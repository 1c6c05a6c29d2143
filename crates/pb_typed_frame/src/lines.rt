//! Lines that only program texts have.

ghost use Rattle.std.specs.Prelude.{◌≡◌, ◌++◌, ◌∷◌, OnOk, map};
ghost use Rattle.pb_local.specs.Pieces.{joined, line};

use pb_local::{push_indent, push_pieces};
use pb_text::NoMemory;

/// Appends a line of these words.
pub fn push_text(out: &mut Vec<u8>, depth: usize, words: &[&[u8]]) -> Result<(), NoMemory>
    ensures { OnOk result (out.new.items ≡ out.old.items ++ line depth (joined (map (λ w. w.now) words.now))) }
{
    push_indent(out, depth)?;
    push_pieces(out, words)?;
    out.push(b'\n')?;
    Ok(())
}

/// Appends the first two words of a line.
pub fn push_front(out: &mut Vec<u8>, first: &[u8], second: &[u8]) -> Result<(), NoMemory>
    ensures { OnOk result (out.new.items ≡ out.old.items ++ (first.now ++ second.now)) }
{
    out.extend_from_slice(first)?;
    out.extend_from_slice(second)?;
    Ok(())
}

/// Appends a line that begins with two words.
pub fn push_begun(
    out: &mut Vec<u8>,
    first: &[u8],
    second: &[u8],
    words: &[&[u8]],
) -> Result<(), NoMemory>
    ensures { OnOk result (out.new.items ≡ out.old.items ++ line 0 (joined (first.now ∷ second.now ∷ map (λ w. w.now) words.now))) }
{
    push_front(out, first, second)?;
    push_text(out, 0, words)?;
    Ok(())
}

/// Appends a line that begins with a type and a name.
pub fn push_declared(
    out: &mut Vec<u8>,
    front: &[u8],
    element: &[u8],
    word: &[u8],
    name: &[u8],
    words: &[&[u8]],
) -> Result<(), NoMemory>
    ensures { OnOk result (out.new.items ≡ out.old.items ++ line 0 (joined (front.now ∷ element.now ∷ word.now ∷ name.now ∷ map (λ w. w.now) words.now))) }
{
    push_front(out, front, element)?;
    push_begun(out, word, name, words)?;
    Ok(())
}
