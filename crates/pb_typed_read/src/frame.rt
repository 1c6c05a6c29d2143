//! The lines of functions.

use crate::line::{before, word};
use crate::rows::{LabelRow, Rows};
use pb_cprint::{push_make_head, push_take_head};
use pb_ctree::CoreLabel;
use pb_text::{Name, NoMemory};

/// What a line outside of bodies opens.
#[derive(Clone, Copy)]
pub enum Opening {
    /// A function that plain texts don't have.
    Room,
    /// One that makes the words of a label.
    Make(CoreLabel),
    /// One that takes them.
    Take(CoreLabel),
    Main,
    /// It is as in a plain text.
    Other,
}

/// What a line opens.
pub fn opening_of(rows: &Rows, line: &[u8]) -> Opening {
    let head = before(b'(', line);
    if head == b"int main".as_slice() {
        return Opening::Main;
    }
    if !line.starts_with(b"static ") {
        return Opening::Other;
    }
    let function = last_word(head);
    if let Some(label) = label_behind(rows, b"make_", function) {
        Opening::Make(label)
    } else if let Some(label) = label_behind(rows, b"take_", function) {
        Opening::Take(label)
    } else if label_behind(rows, b"room_", function).is_some() {
        Opening::Room
    } else {
        Opening::Other
    }
}

/// The label whose name stands behind a front.
fn label_behind(rows: &Rows, front: &[u8], function: &[u8]) -> Option<CoreLabel> {
    let name = Name::of(function.strip_prefix(front)?)?;
    let LabelRow { payload, .. } = rows.label(&name)?;
    Some(CoreLabel { name, payload })
}

/// The last word of a head.
fn last_word(head: &[u8]) -> &[u8] {
    let mut found: &[u8] = b"";
    for at in 0..head.len() {
        let (_, rest) = head.split_at(at);
        if begins_word(head, at) {
            (found, _) = word(rest);
        }
    }
    found
}

/// Whether a word begins at a place.
fn begins_word(head: &[u8], at: usize) -> bool {
    if at == 0 {
        return true;
    }
    match head.get(at - 1) {
        Some(byte) => *byte == b' ' || *byte == b'*',
        None => false,
    }
}

/// Appends the plain head of a function.
pub fn push_head(out: &mut Vec<u8>, opening: Opening, line: &[u8]) -> Result<(), NoMemory> {
    match opening {
        Opening::Make(label) => push_make_head(out, &label),
        Opening::Take(label) => push_take_head(out, &label),
        Opening::Room => Ok(()),
        Opening::Main | Opening::Other => {
            out.extend_from_slice(line)?;
            Ok(())
        }
    }
}
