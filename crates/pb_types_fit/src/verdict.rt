ghost use Rattle.std.specs.Prelude.{◌≡◌, map, IfOk, MatchResult};
ghost use Rattle.pb_local.specs.Tree.{program_of};
ghost use Rattle.pb_types.specs.Plain.{plain_file};
ghost use Rattle.pb_types_fit.specs.Faults.{file_fault};
ghost use Rattle.pb_types_fit.specs.Carries.{of_extent, carried_in, carried, IsFit, IsFitFault};

use crate::constants::{constants_fault, value_of};
use crate::labels::rows_fault;
use crate::{Carried, Element, FitFault, TypesFile};
use pb_local::{Local, NoMemory};
use pb_types::{Constant, Extent, TypeRow};
use std::alloc::Global;

/// What each label of the program carries, in the order of the labels; or the first fault of the file, in the file's order.
/// `NoMemory` comes only where the file has no fault.
pub fn fit(alloc: Global, file: &TypesFile, local: &Local) -> Result<Vec<Carried>, FitFault>
    ensures { MatchResult result (λ list. IsFit (program_of local.now) (plain_file file.now) list.items) (IsFitFault (program_of local.now) (plain_file file.now)) }
{
    if let Some(fault) = file_fault(file, local) {
        return Err(fault);
    }
    match carried_all(alloc, file, local) {
        Ok(list) => Ok(list),
        Err(NoMemory) => Err(FitFault::NoMemory),
    }
}

// The first fault of the file.
fn file_fault(file: &TypesFile, local: &Local) -> Option<FitFault>
    ensures { result ≡ file_fault (program_of local.now) (plain_file file.now) }
{
    match constants_fault(local, &file.constants) {
        Some(fault) => Some(fault),
        None => rows_fault(local, &file.constants, &file.rows),
    }
}

fn of_extent(constants: &[Constant], element: Element, extent: &Extent) -> Carried
    ensures { result ≡ of_extent constants.now element extent.now }
{
    match extent {
        Extent::One => Carried::Fixed { element, count: 1 },
        Extent::Number { value, .. } => Carried::Fixed {
            element,
            count: *value,
        },
        Extent::Constant(name) => Carried::Fixed {
            element,
            count: value_of(constants, name.name.bytes()).unwrap_or(0),
        },
        Extent::Open => Carried::Open { element },
    }
}

// What the row of this name says, and words where there is none.
fn carried_in(constants: &[Constant], rows: &[TypeRow], name: &[u8]) -> Carried
    ensures { result ≡ carried_in constants.now rows.now name.now }
{
    for row in rows {
        if row.label.name.bytes() == name {
            return of_extent(constants, row.carries.element, &row.extent);
        }
    }
    Carried::Words
}

fn carried_all(alloc: Global, file: &TypesFile, local: &Local) -> Result<Vec<Carried>, NoMemory>
    ensures { IfOk result (λ list. list.items ≡ map (carried (plain_file file.now)) local.now.labels.items) }
{
    let mut list = Vec::new(alloc);
    for label in &local.labels {
        list.push(carried_in(&file.constants, &file.rows, label.name.bytes()))?;
    }
    Ok(list)
}
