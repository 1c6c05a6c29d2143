//! The whole text.

ghost use Rattle.std.specs.Prelude.{◌≡◌, ◌++◌, map, IfOk, OnOk};
ghost use Rattle.pb_local.specs.Tree.{program_of};
ghost use Rattle.pb_typed.specs.Functions.{body_name, typed_functions};
ghost use Rattle.pb_typed.specs.Texts.{IsProgramText};

use crate::erase::{Erased, erase};
use crate::rows::Rows;
use crate::{Carried, Types};
use pb_cread::{TextFault, read_c};
use pb_ctree::{Bodies, CTree, CoreLabel};
use pb_kernels::{Dialect, KName, KernelFault, bodies_of, read_bodies};
use pb_text::NoMemory;
use pb_typed_frame::{Function, body_name, program_functions};
use pb_typed_print::print_program;
use std::alloc::Global;

/// A tree, what its labels carry, and the bodies of its functions.
#[derive(Drop)]
pub struct ProgramText {
    pub tree: CTree,
    pub types: Types,
    pub bodies: Bodies,
}

/// Why bytes aren't taken as a program text.
#[derive(Clone, Copy, Debug, PartialEq, Eq)]
pub enum ProgramFault {
    /// They differ here from the text that is nearest to them, on this line, from 1.
    Unexpected(u32),
    NoMemory,
}

impl From<NoMemory> for ProgramFault {
    fn from(_error: NoMemory) -> ProgramFault {
        ProgramFault::NoMemory
    }
}

/// The program text with these bytes.
#[tactic(auto, using(crate::proofs::Counts::many))]
pub fn read_program(alloc: Global, bytes: &[u8]) -> Result<ProgramText, ProgramFault>
    ensures { IfOk result (λ text. IsProgramText text.tree text.types text.bodies bytes.now) }
{
    let erased = erase(alloc, bytes)?;
    let tree = match read_c(alloc, &erased.plain) {
        Ok(text) => text.tree,
        Err(fault) => return Err(fault_of(&erased, fault)),
    };
    let file = match read_bodies(alloc, bytes, Dialect::Program) {
        Ok(file) => file,
        Err(KernelFault::NoMemory) => return Err(ProgramFault::NoMemory),
        Err(KernelFault::BadMarker(line)) => return Err(ProgramFault::Unexpected(line)),
        Err(_) => return Err(ProgramFault::Unexpected(1)),
    };
    let types = types_of(alloc, &tree.local.labels, erased.rows)?;
    let names = names_of(alloc, &tree, &types)?;
    let bodies = bodies_of(alloc, &names, &file)?;
    let text = print_program(alloc, &tree, &types, &bodies)?;
    if text.as_slice() == bytes {
        Ok(ProgramText {
            tree,
            types,
            bodies,
        })
    } else {
        Err(ProgramFault::Unexpected(first_other(&text, bytes)))
    }
}

/// The names of the functions' bodies, in printed order.
fn names_of(alloc: Global, tree: &CTree, types: &Types) -> Result<Vec<KName>, NoMemory>
    ensures { IfOk result (λ names. names.items ≡ map body_name (typed_functions (program_of tree.now.local) types.now.labels.items)) }
{
    let functions = program_functions(alloc, &tree.local, &types.labels)?;
    let mut names = Vec::new(alloc);
    push_names(&mut names, &functions)?;
    Ok(names)
}

fn push_names(out: &mut Vec<KName>, functions: &[Function]) -> Result<(), NoMemory>
    ensures { OnOk result (out.new.items ≡ out.old.items ++ map body_name functions.now) }
{
    for function in functions {
        let name = body_name(function);
        // The check learns here of which type a name's word is.
        let _word = &name.name;
        out.push(KName {
            kind: name.kind,
            name: name.name,
        })?;
    }
    Ok(())
}

/// Where the plain text isn't read.
fn fault_of(erased: &Erased, fault: TextFault) -> ProgramFault {
    match fault {
        TextFault::NoMemory => ProgramFault::NoMemory,
        TextFault::Unexpected(place) => ProgramFault::Unexpected(line_of(erased, place.line)),
        TextFault::TooDeep(place) => ProgramFault::Unexpected(line_of(erased, place.line)),
        TextFault::TooMany(place) => ProgramFault::Unexpected(line_of(erased, place.line)),
    }
}

/// The line that a line of the plain text was.
fn line_of(erased: &Erased, line: u32) -> u32 {
    let at = (line as usize).saturating_sub(1);
    match erased.lines.get(at) {
        Some(line) => *line,
        None => match erased.lines.last() {
            Some(line) => line.saturating_add(1),
            None => 1,
        },
    }
}

/// What the labels carry, in the order of the tree.
fn types_of(alloc: Global, labels: &[CoreLabel], rows: Rows) -> Result<Types, NoMemory> {
    let mut list = Vec::new(alloc);
    for label in labels {
        let carried = match rows.label(&label.name) {
            Some(row) => row.carried,
            None => Carried::Words,
        };
        list.push(carried)?;
    }
    let Rows { constants, .. } = rows;
    Ok(Types {
        labels: list,
        constants,
    })
}

/// The first line, from 1, on which two texts differ.
fn first_other(text: &[u8], bytes: &[u8]) -> u32 {
    let mut line: u32 = 1;
    for (at, byte) in bytes.iter().enumerate() {
        match text.get(at) {
            Some(other) if other == byte => {}
            _ => return line,
        }
        if *byte == b'\n' {
            line = line.saturating_add(1);
        }
    }
    line
}
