//! The statements of a protocol with each call replaced by the statements of its subprotocol.
//!
//! Calls are followed by a stack and not by recursion, so a recursion never goes below 64 open braces, however deep the
//! calls. It stops at the first statement or call too many, so no more than 4,000 are ever built.
#![tactic(auto)]

mod body;
mod calls;
mod copies;
mod count;
mod counting;
mod frame;
mod halt;
mod inliner;
mod output;
mod plain;
mod renaming;
mod site;
mod subs;

pub use body::inlined_body;
pub use count::Count;
pub use halt::Halt;
pub use output::Output;
pub use site::Index;
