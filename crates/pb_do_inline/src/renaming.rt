ghost use Rattle.std.specs.Prelude.{◌≡◌, map};
ghost use Rattle.pb_do_syntax.specs.Plain.{plain_sub};
ghost use Rattle.pb_do_syntax.specs.Inlining.{stands_for, renamed_spot, renamed_end};
ghost use Rattle.pb_do_inline.specs.Ends.{roles_of};

use crate::copies::copied_index;
use crate::site::Site;
use crate::subs::Subs;
use pb_syntax::{End, Spot};
use pb_text::Name;

impl Subs<'_> {
    // The role that a name stands for.
    pub(crate) fn role(&self, site: &Site, name: &Name) -> Name
        ensures { result ≡ stands_for (roles_of (map plain_sub self.now.list.now) site.now) name.now }
    {
        let Some(sub) = site.sub else {
            return *name;
        };
        let Some(params) = self.index.params.get(sub) else {
            return *name;
        };
        let Some(i) = params.find(name) else {
            return *name;
        };
        match site.names.get(i as usize) {
            Some(role) => *role,
            None => *name,
        }
    }

    pub(crate) fn spot(&self, site: &Site, spot: &Spot) -> Spot
        ensures { result ≡ renamed_spot (roles_of (map plain_sub self.now.list.now) site.now) spot.now }
    {
        Spot {
            name: self.role(site, &spot.name),
            place: spot.place,
        }
    }

    pub(crate) fn end(&self, site: &Site, end: &End) -> End
        ensures { result ≡ renamed_end (roles_of (map plain_sub self.now.list.now) site.now) end.now }
    {
        End {
            role: self.spot(site, &end.role),
            index: copied_index(&end.index),
        }
    }
}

## GOAL OF THE EXERCISE
Within the listing above, give again exactly every line from the line with "of its functions." through the line with "a program text.", both included, and no other line.

## SOLVED EXERCISE
/// A tree, what its labels carry, and the bodies of its functions.
#[derive(Drop)]
pub struct ProgramText {
    pub tree: CTree,
    pub types: Types,
    pub bodies: Bodies,
}

/// Why bytes aren't taken as a program text.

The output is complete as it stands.